ACTION ITEM
In the entries below, count each line holding the word "then". Answer with the total alone.

DATASET CONTENT
//! The times and limits of a relay that comes back. Times are in nanoseconds.

/// How long lies between the beginnings of the attempts with two addresses of one server (RFC 8305, section 5).
pub const STAGGER: u64 = 250_000_000;

/// How long the first try lasts. It is below the longest wait between two tries, so that one in an outage is soon over.
pub const FIRST_TRY: u64 = 3_900_000_000;

/// How long a try lasts at most: over a path of several seconds, too, the server has answered by then.
pub const LAST_TRY: u64 = 31_200_000_000;

/// The least time between the end of a try and the next one.
pub const REST: u64 = 200_000_000;

/// A relay that was up for so long is tried again at once, and waits and tries begin anew. One that broke sooner is one more
/// failure: a server may grant addresses that last for no time.
pub const HELD: u64 = 60_000_000_000;

/// So many tries in a row that fail by a final error, or by wrong credentials, are the last. Nobody has to have signed the one packet
/// that says so.
pub const MAX_REFUSED: u8 = 2;

/// So many tries in a row that the server refuses for a quota are the last.
pub const MAX_QUOTA: u8 = 3;

/// The code by which a server names another one to be used instead (RFC 8489, section 14.8).
pub const TRY_ALTERNATE: u16 = 300;

/// The code by which a server refuses the transport between itself and the peers (RFC 8656, section 19).
pub const UNSUPPORTED_TRANSPORT_PROTOCOL: u16 = 442;
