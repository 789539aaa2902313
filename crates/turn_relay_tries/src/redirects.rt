//! Servers that name another one to be used instead (RFC 8489, section 10).

ghost use Rattle.std.specs.Prelude.{◌≡◌, ◌++◌, ◌∷◌, [], OnErr, OnOk};
ghost use Rattle.turn_relay_tries.specs.Redirects.{after_redirect, is_followed, was_asked};

use std::alloc::{AllocError, Global};
use std::net::SocketAddr;

/// How often a relay still goes where a server sends it. It asks no server twice, so that two that name each other are no circle.
#[derive(Debug, Drop)]
pub struct Redirects {
    /// How often it still does.
    pub left: u32,
    /// The servers that were asked.
    pub asked: Vec<SocketAddr>,
}

impl Redirects {
    /// A relay that goes where a server sends it at most this many times.
    pub fn new(left: u32, alloc: Global) -> Redirects
        ensures left { result.left ≡ left }
        ensures asked { result.asked.items ≡ [] }
    {
        Redirects {
            left,
            asked: Vec::new(alloc),
        }
    }

    /// The server at this address is asked.
    ///
    /// # Errors
    ///
    /// If memory allocation fails. Nothing changes then.
    pub fn ask(&mut self, server: SocketAddr) -> Result<(), AllocError>
        ensures ok { OnOk result (self.new.asked.items ≡ self.old.asked.items ++ server ∷ []) }
        ensures err { OnErr result (self.new.asked.items ≡ self.old.asked.items) }
        ensures left { self.new.left ≡ self.old.left }
    {
        self.asked.reserve(1)?;
        self.asked.push_reserved(server);
        Ok(())
    }

    /// A server names this one. Returns whether it is asked: it was not asked before, and the relay still goes where it is sent.
    pub fn follow(&mut self, to: SocketAddr) -> bool
        ensures followed { result ≡ is_followed to self.old.left self.old.asked.items }
        ensures left { self.new.left ≡ after_redirect to self.old.left self.old.asked.items }
        ensures asked { self.new.asked.items ≡ self.old.asked.items }
    {
        if self.left == 0 || self.was_asked(to) {
            return false;
        }
        self.left -= 1;
        true
    }

    /// Whether this server was asked.
    fn was_asked(&self, server: SocketAddr) -> bool
        ensures { result ≡ was_asked server self.now.asked.items }
    {
        self.asked.iter().any(|asked| *asked == server)
    }
}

SOLUTION TO THIS PROBLEM
2